_Dataset extract_:
//! The edges of the graph, shown or not.

ghost use Rattle.std.specs.Prelude.{◌≡◌, ◌+◌, [], ◌++◌, filter, map, IfOk, OnOk};
ghost use Rattle.std.specs.List.{filter_map};
ghost use Rattle.std.specs.Option.{option_copied, option_map, option_to_list};
ghost use Rattle.why_needs.specs.why_state.States.{place_in};
ghost use Rattle.graph_rule.specs.Rows.{name_vertex, group_vertex, entry_row, is_untaken, is_asked, is_drawn, group_row, rows_of};

use crate::names::first_names;
use crate::parts::{GraphParts, members_in};
use answer_lines::graph_lines::{GraphNode, NodeState};
use boot_phases::service_entries::Entry;
use nt_bytes::{Names, Row, Units, same_folded};
use nt_names::name_places::NamePlaces;
use std::alloc::{AllocError, Global};

/// Vertices.
pub(crate) type Vertices = Row<usize>;

/// The vertices that edges lead to from each vertex.
pub(crate) type VertexRows = Row<Row<usize>>;

// ---- vertices

/// The sum, unless it is over the greatest number; then as for lack of memory.
fn add(a: usize, b: usize) -> Result<usize, AllocError>
    ensures { IfOk result (λ n. n ≡ a + b) }
{
    match a.checked_add(b) {
        Some(sum) => Ok(sum),
        None => Err(AllocError),
    }
}

/// The vertex of a name that is among these, after that many others.
fn vertex_after(
    before: usize,
    names: &NamePlaces,
    name: &[u16],
) -> Result<Option<usize>, AllocError>
    ensures { IfOk result (λ vertex. vertex ≡ option_map (λ k. before + k) (place_in names.now name.now)) }
{
    match names.place_of(name) {
        Some(at) => Ok(Some(add(before, at)?)),
        None => Ok(None),
    }
}

/// The vertex of a name.
pub(crate) fn name_vertex(parts: &GraphParts, name: &[u16]) -> Result<Option<usize>, AllocError>
    ensures { IfOk result (λ vertex. vertex ≡ name_vertex parts.now name.now) }
{
    match parts.names.place_of(name) {
        Some(at) => Ok(Some(at)),
        None => vertex_after(parts.names.as_slice().len(), &parts.missing, name),
    }
}

/// The vertex of a group.
fn group_vertex(parts: &GraphParts, name: &[u16]) -> Result<Option<usize>, AllocError>
    ensures { IfOk result (λ vertex. vertex ≡ group_vertex parts.now name.now) }
{
    let before = add(parts.names.as_slice().len(), parts.missing.as_slice().len())?;
    vertex_after(before, &parts.groups, name)
}

// ---- from an entry

fn push_vertex(vertex: Option<usize>, out: &mut Vertices) -> Result<(), AllocError>
    ensures { OnOk result (out.new ≡ out.old ++ option_to_list vertex) }
{
    match vertex {
        Some(vertex) => out.push(vertex),
        None => Ok(()),
    }
}

fn push_name(parts: &GraphParts, name: &Units, out: &mut Vertices) -> Result<(), AllocError>
    ensures { OnOk result (out.new ≡ out.old ++ option_to_list (name_vertex parts.now name.now)) }
{
    let vertex = name_vertex(parts, name.as_slice())?;
    push_vertex(vertex, out)
}

fn push_group(parts: &GraphParts, name: &Units, out: &mut Vertices) -> Result<(), AllocError>
    ensures { OnOk result (out.new ≡ out.old ++ option_to_list (group_vertex parts.now name.now)) }
{
    let vertex = group_vertex(parts, name.as_slice())?;
    push_vertex(vertex, out)
}

/// The vertices of names.
fn name_vertices(alloc: Global, parts: &GraphParts, names: &[Units]) -> Result<Vertices, AllocError>
    ensures { IfOk result (λ out. out ≡ filter_map (name_vertex parts.now) names.now) }
{
    let mut out = Vertices::new(alloc);
    for name in names {
        push_name(parts, name, &mut out)?;
    }
    Ok(out)
}

/// The vertices of groups.
fn group_vertices(
    alloc: Global,
    parts: &GraphParts,
    names: &[Units],
) -> Result<Vertices, AllocError>
    ensures { IfOk result (λ out. out ≡ filter_map (group_vertex parts.now) names.now) }
{
    let mut out = Vertices::new(alloc);
    for name in names {
        push_group(parts, name, &mut out)?;
    }
    Ok(out)
}

/// Puts the vertices after the others.
fn push_all(vertices: &[usize], out: &mut Vertices) -> Result<(), AllocError>
    ensures { OnOk result (out.new ≡ out.old ++ vertices.now) }
{
    for vertex in vertices {
        out.push(*vertex)?;
    }
    Ok(())
}

/// What an entry leads to: each name that it needs, and then each group.
fn entry_row(alloc: Global, parts: &GraphParts, entry: &Entry) -> Result<Vertices, AllocError>
    ensures { IfOk result (λ row. row ≡ entry_row parts.now entry.now) }
{
    let services = first_names(alloc, entry.services.copy(alloc)?)?;
    let mut row = name_vertices(alloc, parts, services.as_slice())?;
    let groups = first_names(alloc, entry.groups.copy(alloc)?)?;
    let groups = group_vertices(alloc, parts, groups.as_slice())?;
    push_all(groups.as_slice(), &mut row)?;
    Ok(row)
}

// ---- from a group

pub(crate) fn is_untaken(state: NodeState) -> bool
    ensures { result ≡ is_untaken state }
{
    match state {
        NodeState::Untaken => true,
        NodeState::Started => false,
        NodeState::Failed => false,
        NodeState::Unmet => false,
        NodeState::NotReached => false,
        NodeState::NoEntry => false,
    }
}

/// Whether the name is the one that is asked for.
fn is_asked(of: Option<&Units>, name: &Units) -> bool
    ensures { result ≡ is_asked (option_copied of.entry) name.now }
{
    match of {
        Some(asked) => same_folded(asked.as_slice(), name.as_slice()),
        None => false,
    }
}

/// Whether an edge leads from its group to the entry at a place.
fn is_drawn(parts: &GraphParts, of: Option<&Units>, at: usize) -> bool
    ensures { result ≡ is_drawn parts.now (option_copied of.entry) at }
{
    match parts.nodes.get(at) {
        Some(node) => !is_untaken(node.state) || is_asked(of, &node.name),
        None => false,
    }
}

/// What a group leads to: its entries, but for those that are untaken and not asked for.
fn group_row(
    alloc: Global,
    parts: &GraphParts,
    of: Option<&Units>,
    group: &Units,
) -> Result<Vertices, AllocError>
    ensures { IfOk result (λ row. row ≡ group_row parts.now (option_copied of.entry) group.now) }
{
    let members = members_in(alloc, &parts.members, group.as_slice())?;
    drawn_among(alloc, parts, of, members.as_slice())
}

fn drawn_among(
    alloc: Global,
    parts: &GraphParts,
    of: Option<&Units>,
    members: &[usize],
) -> Result<Vertices, AllocError>
    ensures { IfOk result (λ row. row ≡ filter (is_drawn parts.now (option_copied of.entry)) members.now) }
{
    let mut row = Vertices::new(alloc);
    for at in members {
        if is_drawn(parts, of, *at) {
            row.push(*at)?;
        }
    }
    Ok(row)
}

// ---- from all

fn push_entry_rows(
    alloc: Global,
    parts: &GraphParts,
    rows: &mut VertexRows,
) -> Result<(), AllocError>
    ensures { OnOk result (rows.new ≡ rows.old ++ map (entry_row parts.now) parts.now.entries) }
{
    for entry in parts.entries.as_slice() {
        rows.push(entry_row(alloc, parts, entry)?)?;
    }
    Ok(())
}

fn push_empty_rows(alloc: Global, names: &[Units], rows: &mut VertexRows) -> Result<(), AllocError>
    ensures { OnOk result (rows.new ≡ rows.old ++ map (λ name. []) names.now) }
{
    for _name in names {
        rows.push(Row::new(alloc))?;
    }
    Ok(())
}

fn push_group_rows(
    alloc: Global,
    parts: &GraphParts,
    of: Option<&Units>,
    rows: &mut VertexRows,
) -> Result<(), AllocError>
    ensures { OnOk result (rows.new ≡ rows.old ++ map (group_row parts.now (option_copied of.entry)) parts.now.groups) }
{
    for group in parts.groups.as_slice() {
        rows.push(group_row(alloc, parts, of, group)?)?;
    }
    Ok(())
}

/// What each vertex leads to.
pub(crate) fn rows_of(
    alloc: Global,
    parts: &GraphParts,
    of: Option<&Units>,
) -> Result<VertexRows, AllocError>
    ensures { IfOk result (λ rows. rows ≡ rows_of parts.now (option_copied of.entry)) }
{
    let mut rows = VertexRows::new(alloc);
    push_entry_rows(alloc, parts, &mut rows)?;
    push_empty_rows(alloc, parts.missing.as_slice(), &mut rows)?;
    push_group_rows(alloc, parts, of, &mut rows)?;
    Ok(rows)
}
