//! Keys in the order of their folded names.

ghost use Rattle.std.specs.Prelude.{◌≡◌, IfOk, OnOk};
ghost use Rattle.std.specs.Map.{values_of};
ghost use Rattle.salvage_parents.specs.Arranged.{arranged, put_by_name};
ghost use Rattle.salvage_parents.specs.Named.{AreByName};

use nt_names::name_places::folded;
use reg_tree::{Key, Keys};
use std::alloc::{AllocError, Global};
use std::collections::BTreeMap;

// Puts a key among others under its folded name.
fn put(alloc: Global, named: &mut BTreeMap<Vec<u16>, Key>, key: Key) -> Result<(), AllocError>
    requires { AreByName named.old.entries }
    ensures put { OnOk result (values_of named.new.entries ≡ put_by_name key (values_of named.old.entries)) }
    ensures named { OnOk result (AreByName named.new.entries) }
{
    let name = folded(alloc, key.name.as_slice())?;
    named.insert(name.into_vec(), key)?;
    Ok(())
}

// Keys by their folded names.
#[tactic(auto, using(crate::proofs::NamedLemmas::arranging))]
fn by_name(alloc: Global, keys: Keys) -> Result<BTreeMap<Vec<u16>, Key>, AllocError>
    ensures { IfOk result (λ m. values_of m.entries ≡ arranged keys) }
{
    let mut named = BTreeMap::new(alloc);
    let mut rest = keys.into_vec().into_iter();
    'keys: while let Some(key) = rest.next() {
        put(alloc, &mut named, key)?;
    }
    Ok(named)
}

/// Keys in the order of their folded names.
pub(crate) fn arrange(alloc: Global, keys: Keys) -> Result<Keys, AllocError>
    ensures { IfOk result (λ ks. ks ≡ arranged keys) }
{
    let named = by_name(alloc, keys)?;
    let mut keys = Keys::new(alloc);
    let mut rest = named.into_values();
    'keys: while let Some(key) = rest.next() {
        keys.push(key)?;
    }
    Ok(keys)
}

_Task directions_:
Looking at the listing above, which lines hold "Prelude"? Copy every such line.

_Expected answer_:
ghost use Rattle.std.specs.Prelude.{◌≡◌, ◌+◌, [], ◌++◌, filter, map, IfOk, OnOk};
ghost use Rattle.std.specs.Prelude.{◌≡◌, IfOk, OnOk};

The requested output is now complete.